## Task prompt
The response must consist of the lines below from the one with "Any other line" through the one with "with this ISSN", exactly as they appear and with both ends kept.

## Supplied material
....................

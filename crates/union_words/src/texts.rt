//! The texts that the program has of its own: the answers to `--help` and `--version`, in plain ASCII and lines of at
//! most 80 characters.
ghost use Rattle.std.specs.Prelude.{◌≡◌};

/// The answer to `--version`.
pub const VERSION: &[u8] = b"union 0.4.0\n";

/// The answer to `--help`.
pub const HELP: &[u8] = b"\
union - a union catalogue of MARC 21 records

Checks a library's file of bibliographic records (ISO 2709), or loads the files
of up to 64 libraries and writes their union catalogue, its works, or answers
to questions. Writes records as MARC in JSON, and reads them back.

USAGE
    union check LIB=PATH         say which records of the file break a rule
    union tojson LIB=PATH        write the file's records as MARC in JSON
    union fromjson LIB=PATH      write a file of MARC in JSON as ISO 2709
    union export [--workers=N] [--prefer=LIB,..] [--names=PATH] [--json]
                 [--owners] LIB=PATH ..
                                 load the files and export the union catalogue
    union works [--workers=N] [--prefer=LIB,..] [--names=PATH] LIB=PATH ..
                                 load the files and list the works
    union watch --ask=PATH [--workers=N] [--prefer=LIB,..] [--names=PATH]
                LIB=PATH ..      load the files, and answer the questions of a
                                 file beside
    union follow --ask=PATH LIB=PATH ..
                                 load one file after the other, and answer the
                                 questions of a file without waiting for a turn
    union script PATH            run a script
    union trial SEED COUNT WORKERS
                                 generate COUNT records, load them and measure
                                 the catalogue
    union --help                 show this help
    union --version              show the program's name and version

    LIB is the library's code, 1 to 16 of A-Z and 0-9. PATH is the path of its
    file, at least one byte and UTF-8: everything after the first '='.
    A path is taken from the folder in which union runs, also one in a script.
    '-' is no file: standard input is /dev/stdin.
    export, works, watch and follow take 1 to 64 libraries, each under a code of
    its own. N workers load them at once, 1 to 64: without the option there are
    4. With --json the export is MARC in JSON. Options stand in the order above.
    With --owners each local field of an export (852, 856, 590-599, 900-999)
    comes once for each library that has it in a record of the edition, with a
    last subfield 5 that has the library's code. A local field that has a
    subfield 5 stays as it is, and so does one that has no room for it.
    --prefer has 1 to 64 different codes, the most trusted first. An edition has
    its leader and 008, and each of 005, 010, 040, 1XX, 240 and 245, of the one
    record that has it and whose library is named first; a library that is not
    named comes after all that are. Between records of one library, or of
    libraries that are not named, the encoding level decides and then 005, as
    without the option. A library may be named that is not loaded. What matches
    is the same with any preference, and so is all else that an edition shows.
    --names is a file of MARC 21 authority records. Where a name of an edition
    (100, 110, 111, 700, 710, 711) is a see-from heading in it (400, 410, 411),
    the key of the work has the heading that is established for it (100, 110,
    111), so the works of one person stand together. A see-from heading stays as
    it is where it is established itself or two headings are established for it,
    and is looked up once. Records of status d count for nothing. What matches
    is the same with any names.
    A record of status d withdraws the library's record with its control
    number; any other is loaded, in place of an earlier one.
    SEED is 0 to 18446744073709551615, COUNT 1 to 200000 and WORKERS 1 to 64,
    in decimal digits without sign and without leading zero.

SCRIPT
    load LIB PATH                load the file on top of what was loaded
    export                       write the export of the catalogue
    works                        write the list of works
    notices                      have each later load tell what it changed
    Any other line is a question. Lines are run one by one.

QUESTIONS
    id LIB CTL                   the edition that has this record
    isbn X                       the editions with this ISBN
    issn X                       the editions with this ISSN
    control (S)N                 the editions with this control number
    title T                      the editions with this title
    work K                       the editions of the work with this key
    holdings LIB CTL             who holds the edition of this record
    count                        how many editions, works and records there are

    A file of questions has one on each line. In it and in a script empty lines
    and lines that begin with '#' are passed over. A line in no such form writes
    'refused unknown' or 'refused word'.

WHAT GOES WHERE
    check     Standard output has a line 'LIB refused FRAME RULE PLACE' for each
              record that breaks a rule, then one line
              'LIB frames F load L withdraw W refused N'.
              Standard error has nothing.
    tojson    Standard output has each record that breaks no rule, as a line of
              MARC in JSON.
              Standard error has the refused records as check tells them, then
              'LIB frames F written W refused N'.
    fromjson  Standard output has the record of each line, as ISO 2709.
              Standard error has a line 'LIB refused LINE NAME PLACE' for each
              line that has no such record, then one line
              'LIB lines F written W refused N'. NAME is Json, Shape,
              LineTooLong, FieldTooLong, RecordTooLong or the name of a rule.
              Empty lines are passed over, and F does not count them.
    export    Standard output has the catalogue's records, as ISO 2709, or with
              --json as lines of MARC in JSON. Records that match are merged
              into one.
              Standard error has with --names first a line
              'names refused FRAME NAME PLACE' for each record of that file that
              is refused, then 'names frames F pairs P refused N': P see-from
              headings are looked up. NAME is Kind, Coding, NotUtf8, Heading or
              the name of a rule.
              Then it has, for each library in the order of the command, the
              refused records as check tells them, and
              'LIB frames F added A replaced R removed D absent X refused N'.
              Then it has a line 'left LIB.CTL N' for each exported record that
              had no room for N fields.
    works     Standard output has for each work a line 'work KEY', then for each
              of its editions a blank and LIB.CTL. Standard error is as with
              export, without the 'left' lines.
    watch     Standard output has for each batch of records, in the order in
              which they were loaded, a line 'turn T LIB N': the turn's number,
              the library, and how many records it loads or withdraws. After
              these it has for each question, in the order of the file, a line
              'reply T LINE' and the answer over the first T turns. The last
              question is asked when all is loaded, and with one worker so is
              each; the others are asked meanwhile.
              Standard error is as with works.
    follow    As watch, but the libraries are loaded one after the other, in the
              order of the command, and an answer is over the turns that were
              published when it was asked for. The last question is asked when
              all is loaded.
    script    Standard output has what each line writes: a load its report, a
              question its answer. After a line 'notices' each load first has
              for each of its turns a line 'notice T', the turn's number, and
              the editions that it closed and opened: a line 'closed LIB.CTL' or
              'opened LIB.CTL', and for each record a blank, its LIB.CTL and
              'to LIB.CTL' or 'gone', 'from LIB.CTL' or 'new'.
              Standard error has nothing.
    trial     Standard output has one line
              'frames F records R editions E works W bytes B': how many records
              were generated, how many of them are current, how many editions
              and works they make, and how many bytes the export has. It is the
              same for any WORKERS. Standard error has nothing.
    --help and --version write to standard output alone.

    With status 2, 3, 4, 6 or 7 standard error has one line that says why,
    unless a report was begun before. Standard output stays empty with status
    2, 3, 4 or 6; of a script it has what the lines before the fault wrote.

EXIT STATUS
    0    done
    1    done, and some records or lines were refused
    2    bad command line: the words are in none of the forms above
    3    cannot open: a file could not be opened
    4    read failed: a file could not be read to its end
    5    write failed: an output has a part of its text at most
    6    too long: a file has more than 1,099,511,627,776 bytes, or a script
         or a file of questions more than 1,048,576
    7    out of memory

EXAMPLES
    Which records of a file break a rule, and which rule:
        union check LIBA=liba.mrc
    The union catalogue of two libraries, and their reports, in two files:
        union export LIBA=liba.mrc LIBB=libb.mrc > union.mrc 2> report.txt
    The records of a file as lines of JSON, and back:
        union tojson LIBA=liba.mrc > liba.jsonl
        union fromjson LIBA=liba.jsonl > again.mrc
    The same, with the cataloguing of LIBB before that of all others:
        union export --prefer=LIBB LIBA=liba.mrc LIBB=libb.mrc > union.mrc
    The same union, where each local field tells whose it is:
        union export --owners LIBA=liba.mrc LIBB=libb.mrc > union.mrc
    The works of two libraries, by the established forms of names:
        union works --names=names.mrc LIBA=liba.mrc LIBB=libb.mrc
    Questions that are answered while two libraries are loaded:
        union watch --ask=questions.txt LIBA=liba.mrc LIBB=libb.mrc
    The same, with readers that never wait for a turn:
        union follow --ask=questions.txt LIBA=liba.mrc LIBB=libb.mrc
    What a night's script comes to:
        union script night.txt
    The measures of a catalogue of 20000 generated records:
        union trial 7 20000 4
    This help, a page at a time:
        union --help | less
    Which version this is:
        union --version
";

/// The text that `--version` writes. Takes no memory.
pub fn version_text() -> &'static [u8]
    ensures { result.now ≡ VERSION.now }
{
    VERSION
}

/// The text that `--help` writes. Takes no memory.
pub fn help_text() -> &'static [u8]
    ensures { result.now ≡ HELP.now }
{
    HELP
}
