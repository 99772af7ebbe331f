//! One word `LIB=PATH`: a library and the path of its file.
ghost use Rattle.std.specs.Prelude.{◌≡◌, ◌≤◌, ◌==◌, length, IsTrue, position, Some, None, if◌then◌else◌};
ghost use Rattle.std.specs.Option.{option_map};
ghost use Rattle.std.specs.List.{position_or_len};
ghost use Rattle.std.specs.Str.{is_utf8};
ghost use Rattle.union_words.specs.Meanings.{file_meaning};
ghost use Rattle.union_words.specs.Words;

use union_base::library_code::LibraryCode;

/// A library and the path of its file, which is borrowed from the word that names both.
#[derive(Clone, Copy)]
pub struct LibraryFile<'a> {
    pub library: LibraryCode,
    pub path: &'a [u8],
}

impl<'a> LibraryFile<'a> {
    /// The library and the path of a word `LIB=PATH`: None exactly where what stands before the word's first `=` is no
    /// library code, or what stands after it is no path. Takes no memory.
    pub fn read(word: &'a [u8]) -> Option<LibraryFile<'a>>
        ensures { option_map file_meaning result
            ≡ (if Words.is_library_word word.now then Some (Words.library_of word.now) else None) }
    {
        let library = LibraryCode::read(code_text(word))?;
        let path = path_text(word);
        if is_path(path) {
            Some(LibraryFile { library, path })
        } else {
            None
        }
    }
}

/// The library and the path of a word that is known to be `LIB=PATH`. Takes no memory.
pub fn read_library(word: &[u8]) -> LibraryFile<'_>
    requires { IsTrue (Words.is_library_word word.now) }
    ensures { file_meaning result ≡ Words.library_of word.now }
{
    match LibraryFile::read(word) {
        Some(file) => file,
        None => unreachable!(),
    }
}

/// What stands before the first `=` of a word, and the whole word where it has none. Takes no memory.
pub fn code_text(word: &[u8]) -> &[u8]
    ensures { result.now ≡ Words.code_text word.now }
{
    &word[..equals_place(word)]
}

/// What stands after the first `=` of a word, and nothing where it has none.
fn path_text(word: &[u8]) -> &[u8]
    ensures { result.now ≡ Words.path_text word.now }
{
    let at = equals_place(word);
    if at < word.len() {
        &word[at + 1..]
    } else {
        &[]
    }
}

/// Where the first `=` of a word stands, and the word's length where it has none.
fn equals_place(word: &[u8]) -> usize
    ensures value { result ≡ position_or_len (λ b. b == 0x3D) word.now }
    ensures within { result ≤ length word.now }
{
    match first_equals(word) {
        Some(at) => at,
        None => word.len(),
    }
}

fn first_equals(word: &[u8]) -> Option<usize>
    ensures { result ≡ position (λ b. b == 0x3D) word.now }
{
    word.iter().position(|b| *b == b'=')
}

/// Whether the text is a path: UTF-8 and at least one byte. Takes no memory.
pub fn is_path(text: &[u8]) -> bool
    ensures { result ≡ Words.is_path text.now }
{
    1 <= text.len() && is_utf8(text)
}

fn is_utf8(text: &[u8]) -> bool
    ensures { result ≡ is_utf8 text.now }
{
    simdutf8::is_utf8(text)
}
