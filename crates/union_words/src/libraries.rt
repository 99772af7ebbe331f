//! The libraries that the words of one command name, each with the path of its file.
ghost use Rattle.std.specs.Prelude.{◌≡◌, ◌<◌, ◌≤◌, ◌&&◌, length, true, Some, None, IsTrue, if◌then◌else◌, nat_le, slice_get};
ghost use Rattle.std.specs.Option.{option_map};
ghost use Rattle.std.specs.List.{list_all, list_any};
ghost use Rattle.union_words.specs.Words;

use crate::library_file::{LibraryFile, code_text, read_library};
use union_base::bytes::Bytes;

/// The most libraries that a command takes.
pub const MOST_LIBRARIES: usize = 64;

/// One to 64 libraries with distinct codes, in the order of the command. Each is read from its word when it is asked
/// for, so a value of this type is no more than a borrow of the words.
#[derive(Clone, Copy)]
pub struct Libraries<'a> {
    words: &'a [Bytes],
    ghost words_are_libraries: { IsTrue (Words.are_libraries words.now) },
}

impl<'a> Libraries<'a> {
    ghost use Rattle.union_words.specs.Meanings.{libraries_meaning, file_meaning};

    /// The libraries of the words: None exactly where these are not one to 64 words `LIB=PATH` with distinct codes. Takes no
    /// memory. Compares each pair of words.
    pub fn read(words: &'a [Bytes]) -> Option<Libraries<'a>>
        ensures { option_map libraries_meaning result
            ≡ (if Words.are_libraries words.now then Some (Words.libraries_of words.now) else
            None) }
    {
        if are_libraries(words) {
            Some(Libraries { words })
        } else {
            None
        }
    }

    /// How many libraries there are: 1 to 64. Takes no memory.
    pub fn len(&self) -> usize
        ensures value { result ≡ length (libraries_meaning self.now) }
        ensures some { 1 ≤ result }
        ensures most { result ≤ 64 }
    {
        self.words.len()
    }

    /// The library at this place, counted from 0. Reads its word again, and takes no memory.
    pub fn at(&self, place: usize) -> LibraryFile<'a>
        requires { place < length (libraries_meaning self.now) }
        ensures { slice_get (libraries_meaning self.now) place ≡ Some (file_meaning result) }
    {
        read_library(self.words[place].bytes())
    }
}

fn are_libraries(words: &[Bytes]) -> bool
    ensures { result ≡ Words.are_libraries words.now }
{
    is_few(words.len()) && are_library_words(words) && have_distinct_codes(words)
}

fn is_few(count: usize) -> bool
    ensures { result ≡ (nat_le 1 count && nat_le count Words.most_libraries) }
{
    1 <= count && count <= MOST_LIBRARIES
}

fn are_library_words(words: &[Bytes]) -> bool
    ensures { result ≡ list_all Words.is_library_word words.now }
{
    words.iter().all(|word| is_library_word(word.bytes()))
}

fn is_library_word(word: &[u8]) -> bool
    ensures { result ≡ Words.is_library_word word.now }
{
    LibraryFile::read(word).is_some()
}

/// Whether no two words have the same text before their first `=`.
fn have_distinct_codes(words: &[Bytes]) -> bool
    ensures { result ≡ Words.have_distinct_codes words.now }
{
    match words {
        [] => true,
        [word, rest @ ..] => !is_named_in(word.bytes(), rest) && have_distinct_codes(rest),
    }
}

fn is_named_in(word: &[u8], others: &[Bytes]) -> bool
    ensures { result ≡ list_any (Words.name_one_library word.now) others.now }
{
    others
        .iter()
        .any(|other| name_one_library(word, other.bytes()))
}

fn name_one_library(a: &[u8], b: &[u8]) -> bool
    ensures { result ≡ Words.name_one_library a.now b.now }
{
    code_text(a) == code_text(b)
}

....................

## Response to the exercise
    Any other line is a question. Lines are run one by one.

QUESTIONS
    id LIB CTL                   the edition that has this record
    isbn X                       the editions with this ISBN
    issn X                       the editions with this ISSN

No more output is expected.